MCMC & ABC SMC examples - thijsjanzen/nLTT GitHub Wiki
Examples of MCMC and ABC-SMC fitting
The nLTT statistic is designed to replace the classic approach using a likelihood. In order to assess the performance of the nLTT statistic within an approximate Bayesian computation framework, we compare the performance with that a similar Bayesian approach using the likelihood: a Monte Carlo Markov Chain (MCMC) approach. The MCMC makes uses of Metropolis Hastings to propagate the chain.
Using the classical likelihood approach: MCMC
We first need a tree to fit on. For simplicity we will only fit the birth rate of the birth-death model, but in principle this approach can be extended to any model that can generate a phylogenetic tree, provided that the likelihood is known (e.g. a time dependent speciation model, or diversity dependent speciation model). We use the package TESS to generate a tree following the birth-death model, keeping death (extinction) at zero, and setting birth at 0.5.
set.seed(42)
tree1 <- TESS::tess.sim.taxa(n = 1, nTaxa = 100, max = 10, lambda = 0.5, mu = 0.0)[1](/thijsjanzen/nLTT/wiki/1)
Before specifying our likelihood function, we have to specify our prior, which we'll set at an exponential function with a mean of 0.1.

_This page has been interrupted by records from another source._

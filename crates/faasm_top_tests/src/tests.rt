use fa_outside::{FailShelf, FailSink, MemShelf, MemSink};
use faasm_top::*;
use std::alloc::{AllocError, Global};
use std::test::Fail;

/// The module whose `main` returns 42.
pub const ANSWER: [u8; 37] = [
    0x00, 0x61, 0x73, 0x6D, 0x01, 0x00, 0x00, 0x00, 0x01, 0x05, 0x01, 0x60, 0x00, 0x01, 0x7F, 0x03,
    0x02, 0x01, 0x00, 0x07, 0x08, 0x01, 0x04, 0x6D, 0x61, 0x69, 0x6E, 0x00, 0x00, 0x0A, 0x06, 0x01,
    0x04, 0x00, 0x41, 0x2A, 0x0B,
];

/// The places in it of three sections.
pub const TYPES: usize = 8;

pub const FUNCTIONS: usize = 15;

pub const CODE: usize = 29;

pub const DONE: &str = "call done 42 used 1 output \n";

pub const NOT_BUILT: &str = "not built\n";

pub const UNTYPED: &str = "invalid function 0\n";

pub const MALFORMED: &str = "malformed\n";

/// Other bytes in the place of those from a start to an end, and the line and the status that are due
/// to a call with this fuel.
const ROWS: [(&str, usize, usize, &[u8], &str, &str, u8); 21] = [
    ("as it is", 0, 0, &[], "10", DONE, 0),
    (
        "42 in three bytes",
        CODE,
        37,
        &[0x0A, 0x08, 0x01, 0x06, 0x00, 0x41, 0xAA, 0x80, 0x00, 0x0B],
        "10",
        DONE,
        0,
    ),
    (
        "42 in five bytes",
        CODE,
        37,
        &[
            0x0A, 0x0A, 0x01, 0x08, 0x00, 0x41, 0xAA, 0x80, 0x80, 0x80, 0x00, 0x0B,
        ],
        "10",
        DONE,
        0,
    ),
    (
        "a size in five bytes",
        TYPES + 1,
        TYPES + 2,
        &[0x85, 0x80, 0x80, 0x80, 0x00],
        "10",
        DONE,
        0,
    ),
    (
        "two sizes and a count in two bytes",
        CODE,
        37,
        &[0x0A, 0x87, 0x00, 0x01, 0x84, 0x00, 0x00, 0x41, 0x2A, 0x0B],
        "10",
        DONE,
        0,
    ),
    (
        "a count in two bytes",
        FUNCTIONS + 1,
        FUNCTIONS + 3,
        &[0x03, 0x81, 0x00],
        "10",
        DONE,
        0,
    ),
    (
        "the smallest",
        CODE,
        37,
        &[
            0x0A, 0x0A, 0x01, 0x08, 0x00, 0x41, 0x80, 0x80, 0x80, 0x80, 0x78, 0x0B,
        ],
        "10",
        "call done -2147483648 used 1 output \n",
        0,
    ),
    (
        "a sum",
        CODE,
        37,
        &[
            0x0A, 0x09, 0x01, 0x07, 0x00, 0x41, 0x28, 0x41, 0x02, 0x6A, 0x0B,
        ],
        "3",
        "call done 42 used 3 output \n",
        0,
    ),
    (
        "sums of sums",
        CODE,
        37,
        &[
            0x0A, 0x0F, 0x01, 0x0D, 0x00, 0x41, 0x01, 0x41, 0x02, 0x41, 0x7B, 0x41, 0x04, 0x6A,
            0x6A, 0x6A, 0x0B,
        ],
        "10",
        "call done 2 used 7 output \n",
        0,
    ),
    (
        "the greatest and one",
        CODE,
        37,
        &[
            0x0A, 0x0D, 0x01, 0x0B, 0x00, 0x41, 0xFF, 0xFF, 0xFF, 0xFF, 0x07, 0x41, 0x01, 0x6A,
            0x0B,
        ],
        "10",
        "call done -2147483648 used 3 output \n",
        0,
    ),
    (
        "a sum, and one unit of fuel too few",
        CODE,
        37,
        &[
            0x0A, 0x09, 0x01, 0x07, 0x00, 0x41, 0x28, 0x41, 0x02, 0x6A, 0x0B,
        ],
        "2",
        "call fuel\n",
        1,
    ),
    (
        "an addition of one value",
        CODE,
        37,
        &[0x0A, 0x05, 0x01, 0x03, 0x00, 0x6A, 0x0B],
        "10",
        UNTYPED,
        3,
    ),
    (
        "two values at the end",
        CODE,
        37,
        &[0x0A, 0x08, 0x01, 0x06, 0x00, 0x41, 0x2A, 0x41, 0x2A, 0x0B],
        "10",
        UNTYPED,
        3,
    ),
    (
        "no value at the end",
        CODE,
        37,
        &[0x0A, 0x04, 0x01, 0x02, 0x00, 0x0B],
        "10",
        UNTYPED,
        3,
    ),
    (
        "unused bits that are no sign",
        CODE,
        37,
        &[
            0x0A, 0x0A, 0x01, 0x08, 0x00, 0x41, 0x80, 0x80, 0x80, 0x80, 0x38, 0x0B,
        ],
        "10",
        MALFORMED,
        3,
    ),
    (
        "a sixth byte",
        CODE,
        37,
        &[
            0x0A, 0x0B, 0x01, 0x09, 0x00, 0x41, 0xAA, 0x80, 0x80, 0x80, 0x80, 0x00, 0x0B,
        ],
        "10",
        MALFORMED,
        3,
    ),
    (
        "a `nop` before it",
        CODE,
        37,
        &[0x0A, 0x07, 0x01, 0x05, 0x00, 0x01, 0x41, 0x2A, 0x0B],
        "10",
        "call done 42 used 2 output \n",
        0,
    ),
    (
        "an end before the end",
        CODE,
        37,
        &[0x0A, 0x07, 0x01, 0x05, 0x00, 0x41, 0x2A, 0x0B, 0x0B],
        "10",
        MALFORMED,
        3,
    ),
    (
        "a size one too large",
        TYPES + 1,
        TYPES + 2,
        &[0x06],
        "10",
        MALFORMED,
        3,
    ),
    (
        "a custom section",
        TYPES,
        TYPES,
        &[0x00, 0x01, 0x00],
        "10",
        DONE,
        0,
    ),
    ("a byte behind it", 37, 37, &[0x00], "10", MALFORMED, 3),
];

/// What the words answer over one file, and what they write where there is so much room.
pub fn answered(
    alloc: Global,
    words: &[&str],
    file: &[u8],
    room: usize,
) -> Result<(u8, Vec<u8>), Fail> {
    let owned = owned(alloc, words)?;
    let mut files = Vec::new(alloc);
    files.push((
        String::from_str(alloc, "m.wasm")?,
        Vec::from_slice(alloc, file)?,
    ))?;
    let mut shelf = MemShelf::new(files);
    let mut out = MemSink::with_room(alloc, room)?;
    let status = answer(alloc, &owned, &mut shelf, &mut out);
    Ok((status, Vec::from_slice(alloc, out.bytes())?))
}

/// The module with other bytes in the place of those from `start` to `end`.
pub fn replaced(
    alloc: Global,
    start: usize,
    end: usize,
    other: &[u8],
) -> Result<Vec<u8>, AllocError> {
    let mut bytes = Vec::new(alloc);
    bytes.extend_from_slice(ANSWER.get(..start).unwrap_or(&[]))?;
    bytes.extend_from_slice(other)?;
    bytes.extend_from_slice(ANSWER.get(end..).unwrap_or(&[]))?;
    Ok(bytes)
}

/// The module whose section of code begins so, and whose body has so many constants 1 and then so many
/// additions.
fn long_module(
    alloc: Global,
    head: &[u8],
    constants: usize,
    additions: usize,
) -> Result<Vec<u8>, AllocError> {
    let mut bytes = Vec::new(alloc);
    bytes.extend_from_slice(&ANSWER[..CODE])?;
    bytes.extend_from_slice(head)?;
    for _ in 0..constants {
        bytes.extend_from_slice(&[0x41, 0x01])?;
    }
    for _ in 0..additions {
        bytes.push(0x6A)?;
    }
    bytes.push(0x0B)?;
    Ok(bytes)
}

#[test]
fn calls_of_modules(rt: HostRuntime) -> Result<(), Fail> {
    let alloc = rt.alloc();
    for (name, start, end, other, fuel, line, status) in ROWS {
        let file = replaced(alloc, start, end, other)?;
        let (answer, written) = answered(alloc, &["call", "m.wasm", "", fuel], &file, 100)?;
        assert_eq!(rt; written.as_slice(), line.as_bytes(), "{name}");
        assert_eq!(rt; answer, status, "{name}");
    }
    for len in 0..ANSWER.len() {
        let (answer, written) = answered(
            alloc,
            &["call", "m.wasm", "", "10"],
            &ANSWER[..len],
            100,
        )?;
        // The header alone and the section of types behind it are modules.
        let line = if len == TYPES || len == FUNCTIONS {
            "no main\n"
        } else {
            MALFORMED
        };
        assert_eq!(rt; written.as_slice(), line.as_bytes(), "{len} bytes");
        assert_eq!(rt; answer, 3, "{len} bytes");
    }
    Ok(())
}

#[test]
fn limits_of_a_call(rt: HostRuntime) -> Result<(), Fail> {
    let alloc = rt.alloc();
    let most = long_module(
        alloc,
        &[
            0x0A, 0x86, 0x80, 0x8C, 0x00, 0x01, 0x81, 0x80, 0x8C, 0x00, 0x00,
        ],
        65_536,
        65_535,
    )?;
    let more = long_module(
        alloc,
        &[
            0x0A, 0x89, 0x80, 0x8C, 0x00, 0x01, 0x84, 0x80, 0x8C, 0x00, 0x00,
        ],
        65_537,
        65_536,
    )?;
    let left = long_module(
        alloc,
        &[
            0x0A, 0x89, 0x80, 0x88, 0x00, 0x01, 0x84, 0x80, 0x88, 0x00, 0x00,
        ],
        65_537,
        0,
    )?;
    let full = vec![in alloc; 0; 4_194_304]?;
    let over = vec![in alloc; 0; 4_194_305]?;
    let rows: [(&[u8], &str, u8); 5] = [
        (&most, "call done 65536 used 131071 output \n", 0),
        (&more, "call trap stack exhausted used 65537\n", 1),
        (&left, UNTYPED, 3),
        (&full, MALFORMED, 3),
        (&over, "too long\n", 3),
    ];
    for (file, line, status) in rows {
        let (answer, written) = answered(alloc, &["call", "m.wasm", "", "1000000"], file, 100)?;
        assert_eq!(rt; written.as_slice(), line.as_bytes());
        assert_eq!(rt; answer, status, "{line}");
    }
    Ok(())
}

/// A shelf that holds the module.
fn shelf(alloc: Global) -> Result<MemShelf, AllocError> {
    let mut files = Vec::new(alloc);
    files.push((
        String::from_str(alloc, "m.wasm")?,
        Vec::from_slice(alloc, &ANSWER)?,
    ))?;
    Ok(MemShelf::new(files))
}

#[test]
fn each_call_of_the_outside_fails_in_turn(rt: HostRuntime) -> Result<(), Fail> {
    let alloc = rt.alloc();
    let commands: [(&[&str], &str); 2] = [
        (&["call", "m.wasm", "", "10"], DONE),
        (&["check", "m.wasm"], "valid\n"),
    ];
    for (words, line) in commands {
        let words = owned(alloc, words)?;
        let rows: [(&[u32], &[u32], u8, &str); 6] = [
            (&[0], &[], 4, "read fault\n"),
            (&[1], &[], 4, "read fault\n"),
            (&[2], &[], 4, "read fault\n"),
            (&[3], &[1], 0, line),
            (&[], &[0], 5, ""),
            (&[0], &[0], 5, ""),
        ];
        for (reads, writes, status, line) in rows {
            let mut shelf = FailShelf::new(shelf(alloc)?, Vec::from_slice(alloc, reads)?);
            let inner = MemSink::with_room(alloc, 100)?;
            let mut out = FailSink::new(inner, Vec::from_slice(alloc, writes)?);
            assert_eq!(rt;
                answer(alloc, &words, &mut shelf, &mut out),
                status,
                "{reads:?}"
            );
            assert_eq!(rt; out.inner().bytes(), line.as_bytes(), "{reads:?}");
        }
    }
    Ok(())
}

/// The words as the program gets them.
pub fn owned(alloc: Global, words: &[&str]) -> Result<Vec<String>, AllocError> {
    let mut owned = Vec::new(alloc);
    for word in words {
        owned.push(String::from_str(alloc, word)?)?;
    }
    Ok(owned)
}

prior_dens <- function(val) {
return( dexp( val[1], rate = 10) )
}
We then specify our likelihood function, in order to perform the MCMC:
LL_B <- function(params, phy) {
lnl <- TESS::tess.likelihood(ape::branching.times(phy),
lambda = params[1], mu = 0.0,
samplingProbability = 1, log = TRUE)
prior1 <- log(prior_dens(params))
return(lnl + prior1)
}
We are now all set to perform the MCMC. Success of the MCMC depends on the length of the chain, and the size of the jumps (sigma). Furthermore the user has the option of restricting the MCMC to only make jumps in log-space, e.g. to perturbate the parameters after they have been log-transformed (after which they are exponentiated again). This ensures that the parameters do not go below zero.
result <- mcmc_nltt( phy = tree1, likelihood_function = LL_B, parameters = c(1), logtransforms = c(TRUE),
iterations = 20000, burnin = 5000, thinning = 1, sigma = 1)

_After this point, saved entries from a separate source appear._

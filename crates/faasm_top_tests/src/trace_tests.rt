//! Sessions that `trace` runs, each under several seeds.

use crate::tests::owned;
use fa_outside::{FailSink, MemShelf, MemSink};
use faasm_top::answer;
use std::alloc::{AllocError, Global};
use std::test::Fail;

/// The modules that the sessions name, behind their first eight bytes.
const MODULES: [(&str, &str); 9] = [
    (
        "span",
        "010a0260017f017f6000017f02130105666161736d096765745f73746174650000030201010503010001070801046d61696e00010a14011200410010001a41fcff03290000422088a70b",
    ),
    (
        "grow",
        "0105016000017f030201000503010001070801046d61696e00000a1201100041024000410140006a410040006a0b",
    ),
    (
        "write",
        "010a0260017f017f6000017f02130105666161736d096765745f73746174650000030201010503010001070801046d61696e00010a0f010d004100100041013a000041000b",
    ),
    (
        "append",
        "010c0260037f7f7f017f6000017f02160105666161736d0c617070656e645f73746174650000030201010503010001070801046d61696e00010a1501130041004100410410001a41004100410110000b0b0a010041000b0461626364",
    ),
    (
        "hold",
        "01090260017f006000017f021b0105666161736d116c6f636b5f676c6f62616c5f77726974650000030201010503010001070801046d61696e00010a0901070041001000000b",
    ),
    (
        "lock",
        "01090260017f006000017f02310205666161736d116c6f636b5f676c6f62616c5f7772697465000005666161736d0d756e6c6f636b5f676c6f62616c0000030201010503010001070801046d61696e00020a0e010c00410010004100100141000b",
    ),
    (
        "mother",
        "01150460017f0060037f7f7f017f60017f017e6000017f02410305666161736d116c6f636b5f676c6f62616c5f7772697465000005666161736d0a636861696e5f63616c6c000105666161736d0a61776169745f63616c6c0002030201030503010001070801046d61696e00030a130111004100100041004100410010011002a70b",
    ),
    (
        "pair",
        "01110360037f7f7f017f60017f017e6000017f02270205666161736d0a636861696e5f63616c6c000005666161736d0a61776169745f63616c6c0001030201020503010001070801046d61696e00020a21011f0041004100410010001a41004100410010001a41001001a741011001a76a0b",
    ),
    (
        "child",
        "0105016000017f030201000503010001070801046d61696e00000a0601040041150b",
    ),
];

/// A session, and the text and the status that are due to `trace` under any seed.
const ROWS: [(&str, &str, &str, u8); 9] = [
    (
        "private and mapped bytes in one load",
        r#"{"hosts":1,"workers":1,"keys":[{"name":"k","size":8,"init":"0807060504030201"}],"functions":[{"name":"f","module":"span","grants":[{"key":"k","mode":"read"}]}],"requests":[{"label":"s","function":"f"}]}"#,
        "s done 84281096 used 8 output \nstate k 0807060504030201\n",
        0,
    ),
    (
        "a quota of three pages",
        r#"{"hosts":1,"workers":1,"keys":[],"functions":[{"name":"f","module":"grow","quota":3}],"requests":[{"label":"g","function":"f"}]}"#,
        "g done 3 used 8 output \n",
        0,
    ),
    (
        "a store where reading is granted",
        r#"{"hosts":1,"workers":1,"keys":[{"name":"k","size":1,"init":"00"}],"functions":[{"name":"f","module":"write","grants":[{"key":"k","mode":"read"}]}],"requests":[{"label":"w","function":"f"}]}"#,
        "w trap denied used 4\nstate k 00\n",
        1,
    ),
    (
        "a full log",
        r#"{"hosts":1,"workers":1,"keys":[{"name":"log","size":4}],"functions":[{"name":"f","module":"append","grants":[{"key":"log","mode":"write"}]}],"requests":[{"label":"p","function":"f"}]}"#,
        "p trap append full used 9\nstate log 61626364\n",
        1,
    ),
    (
        "a lock that ends with its call",
        r#"{"hosts":1,"workers":2,"keys":[{"name":"k","size":1}],"functions":[{"name":"f","module":"hold","grants":[{"key":"k","mode":"write"}]},{"name":"g","module":"lock","grants":[{"key":"k","mode":"write"}]}],"requests":[{"label":"a","function":"f"},{"label":"b","function":"g"}]}"#,
        "a trap unreachable used 3\nb done 0 used 5 output \nstate k 00\n",
        1,
    ),
    (
        "a child that waits for its parent's lock",
        r#"{"hosts":1,"workers":1,"keys":[{"name":"k","size":1}],"functions":[{"name":"f","module":"mother","grants":[{"key":"k","mode":"write"}],"calls":["g"]},{"name":"g","module":"lock","grants":[{"key":"k","mode":"write"}]}],"requests":[{"label":"r","function":"f"}]}"#,
        "r stuck\nblocked r child r.0\nblocked r.0 global k holder r\nstate k 00\n",
        1,
    ),
    (
        "the same beside another",
        r#"{"hosts":1,"workers":3,"keys":[{"name":"k","size":8,"init":"0807060504030201"},{"name":"m","size":1}],"functions":[{"name":"s","module":"span","grants":[{"key":"k","mode":"read"}]},{"name":"mother","module":"mother","grants":[{"key":"m","mode":"write"}],"calls":["lock"]},{"name":"lock","module":"lock","grants":[{"key":"m","mode":"write"}]}],"requests":[{"label":"s","function":"s"},{"label":"r","function":"mother"}]}"#,
        "s done 84281096 used 8 output \nr stuck\nblocked r child r.0\nblocked r.0 global m holder r\nstate k 0807060504030201\nstate m 00\n",
        1,
    ),
    (
        "two children",
        r#"{"hosts":2,"workers":2,"keys":[],"functions":[{"name":"g","module":"pair","calls":["c"]},{"name":"c","module":"child"}],"requests":[{"label":"p","function":"g"}]}"#,
        "p done 42 used 17 output \n",
        0,
    ),
    (
        "children that trap",
        r#"{"hosts":1,"workers":1,"keys":[],"functions":[{"name":"p","module":"pair","calls":["s"]},{"name":"s","module":"span"}],"requests":[{"label":"p","function":"p"}]}"#,
        "p done 0 used 17 output \n",
        0,
    ),
];

const SEEDS: [&str; 3] = ["0", "1", "18446744073709551615"];

/// A session file and all modules.
fn shelf(alloc: Global, session: &str) -> Result<MemShelf, AllocError> {
    let mut files = Vec::new(alloc);
    for (name, sections) in MODULES {
        let mut bytes = Vec::from_slice(alloc, b"\0asm\x01\0\0\0")?;
        match hex::decode(alloc, sections) {
            Ok(sections) => bytes.extend_from_slice(&sections)?,
            Err(_) => return Err(AllocError),
        }
        files.push((String::from_str(alloc, name)?, bytes))?;
    }
    let bytes = Vec::from_slice(alloc, session.as_bytes())?;
    files.push((String::from_str(alloc, "session")?, bytes))?;
    Ok(MemShelf::new(files))
}

#[test]
fn sessions_run_under_seeds(rt: HostRuntime) -> Result<(), Fail> {
    let alloc = rt.alloc();
    for (name, session, text, status) in ROWS {
        for seed in SEEDS {
            let words = owned(alloc, &["trace", "session", seed])?;
            let mut shelf = shelf(alloc, session)?;
            let mut out = MemSink::with_room(alloc, 1_000)?;
            assert_eq!(rt;
                answer(alloc, &words, &mut shelf, &mut out),
                status,
                "{name}"
            );
            assert_eq!(rt; out.bytes(), text.as_bytes(), "{name}");
        }
    }
    Ok(())
}

#[test]
fn the_sink_fails_in_a_report(rt: HostRuntime) -> Result<(), Fail> {
    let alloc = rt.alloc();
    let words = owned(alloc, &["trace", "session", "1"])?;
    let (_, session, _, _) = ROWS[4];
    let fronts = [
        "",
        "a trap unreachable used 3\n",
        "a trap unreachable used 3\nb done 0 used 5 output \n",
    ];
    for call in 0..3u32 {
        let fails = Vec::from_slice(alloc, &[call])?;
        let mut shelf = shelf(alloc, session)?;
        let mut out = FailSink::new(MemSink::with_room(alloc, 1_000)?, fails);
        assert_eq!(rt; answer(alloc, &words, &mut shelf, &mut out), 5, "{call}");
        assert_eq!(rt;
            out.inner().bytes(),
            fronts[call as usize].as_bytes(),
            "{call}"
        );
    }
    Ok(())
}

The output of the MCMC function is a coda object, and can readily be plotted:
plot(result)
Furthermore, we can calculate our mean estimate:
mean(result)
> 0.425277
This is not exactly the same as the parameter value that we put in (lambda = 0.5). However, simulating a tree is stochastic, and we could've simulated a tree that is a bit deviant from the normal lambda = 0.5 tree. One way to verify this is to use Maximum Likelihood instead of the previously used MCMC approach, for this we first specify a simple fitting function, and then optimize this function:
tofit <- function(params) {
return(-1 * LL_B(params, tree1) )
}
ML <- optimize(f = tofit, interval = c(0, 1))
ML$minimum
> 0.4210026
So indeed, our tree was a bit deviant from expected, and our MCMC method has accurately inferred the correct parameter value.
ABC-SMC
ABC-SMC is a particle filter approach, that starts by first generating N particles from the prior. In the following iterations, the algorithm selects a particle from the obtained distribution, perturbates it, and then simulates data using that parameter combination. If the obtained data is sufficiently similar to the observed data that we are trying to fit on, the parameter combination is accepted. As soon as N parameter combinations are accepted, these replace the prior, and the algorithm starts anew. As the number of iterations increases, the acceptance threshold approaches zero, such that the simulated data needs to be more and more similar to the observed data. More information can be found in Toni et al. (2009).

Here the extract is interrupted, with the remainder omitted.